Bradley Shuya, who owns an architectural firm in Victoria and sits on Saanich’s heritage advisory committee, says oil tanks need to be properly maintained, otherwise they become ticking time bombs.

“It’s not if the tank will fail, it’s when it will fail. Eventually it will,” Shuya says.

For years, homeowners on Vancouver Island, because of our physical distance from the mainland, had limited options to heat their homes. Natural gas, for example, only became available on the Island in the 1990s, when a large underwater pipeline was installed.

Shuya says you can almost tell how old a house is in Greater Victoria based on its heating system.

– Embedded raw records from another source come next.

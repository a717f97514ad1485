//! The gate that lets every command pass.

use topo_service::Gate;

/// It does nothing before a command and nothing after it.
pub struct OpenGate;

impl Gate for OpenGate {
    fn before(&self, _worker: usize, _index: usize) {}

    fn after(&self, _worker: usize, _index: usize) {}
}
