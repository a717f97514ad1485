//! What a run of lists leads to.

ghost use Rattle.std.specs.Prelude.{◌≡◌, IfErr, IfOk};

use std::alloc::Global;
use topo_book::Book;
use topo_core::calls::Entry;
use topo_core::listed::Listed;
use topo_core::rows::Rows;
use topo_io::RunFault;
use topo_price::tariff::PriceFn;

/// A history, and the picture at its end.
#[derive(Drop)]
pub(crate) struct RunOutcome {
    pub(crate) history: Listed<Entry>,
    pub(crate) picture: Rows,
}

/// The history of a book, and its picture.
pub(crate) fn outcome_of<F: PriceFn + Drop>(
    alloc: Global,
    book: Book<F>,
) -> Result<RunOutcome, RunFault>
    ensures history { IfOk result (λ outcome. outcome.history ≡ book.history) }
    ensures picture { IfOk result (λ outcome. outcome.picture ≡ book.picture.rows) }
    ensures fault { IfErr result (λ fault. fault ≡ RunFault.Memory) }
{
    let Ok((history, picture)) = book.into_history_and_rows(alloc) else {
        return Err(RunFault::Memory);
    };
    Ok(RunOutcome {
        history: Listed::from_vec(history),
        picture,
    })
}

Wood stoves and coal furnaces were primarily used in the pre-1950s homes, Shuya says. Oil heating dominated the market from 1950s through the 1980s, until natural gas came to the Island. The ’90s and 2000s saw gas and electric heating become the norm in new houses. And now, green technologies – like solar and geothermal – are popping up, though those options aren’t in mainstream use just yet.

Shuya predicts that many older home heating tanks have some kind of leakage, but he doubts homeowners even realize it.

“Typically you’ll find some contamination (near an oil tank),” he says.

And while oil is one of the predominant methods for heating homes in Greater Victoria, time will tell how long that remains to be so.

Rod Lidstone can’t help but laugh when asked if home heating technology has changed much since he first became a tradesman in the early 1980s.

“You can’t keep up with the technology changes!” he says with a chuckle. “People are really thinking outside the box in the way we’re designing heating systems. Every day we’re talking about another person who’s recovered some form of energy that was otherwise being lost, and is, for the most part, free – like the sun.”

Lidstone is chair of the pipe trades department at Camosun College. The post-secondary school’s apprenticeship program covers a wide range of topics, including plumbing, air conditioning, gas fitting and home heating.

But Lidstone says the technology is such these days that all sources can run efficiently, and be environmentally and economically sound.

“The consumer should know that every one of these could be made very efficient with the technology out there, as long as they’re properly designed and installed,” he says.

Coun. Sanders says she couldn’t agree more. Proper installation and maintenance, especially of oil tanks, is crucial to protecting the environment.

“There needs to be more in place (to inform homeowners about potential tank leaks) than just an information sheet,” she says, citing possibly more stringent tank check-ups from insurance companies.

With regard to the most recent spill, Saanich’s manager of environmental services is concerned that if any rainfall comes, cleanup efforts in the McKenzie and Glanford avenues area will be hindered.

“We’re expecting that if we get heavy rain it’ll agitate the vegetation, the water level will rise, and any oil that was left high and dry stuck to the vegetation could be released,” says Adriane Pollard. “We’re expecting we might have some residual oil, which people may notice as sheen or smell.”

She says it’s too early to look at how to best prevent such an incident from occurring again, as well as what the long-term effects of the spill are on Colquitz River.

Lidstone says homeowners should thoroughly research all energy source options before choosing how to heat their home.

The environmental footprint of each source, and potential impacts if there is a failure, varies depending on where you live and the type of energy.

“There’s benefits and drawbacks for all of them,” he says.

“I think with the changing technology, we’re soon going to see oil and propane and gas and electric become more of a backup (to green heating options) than anything else.”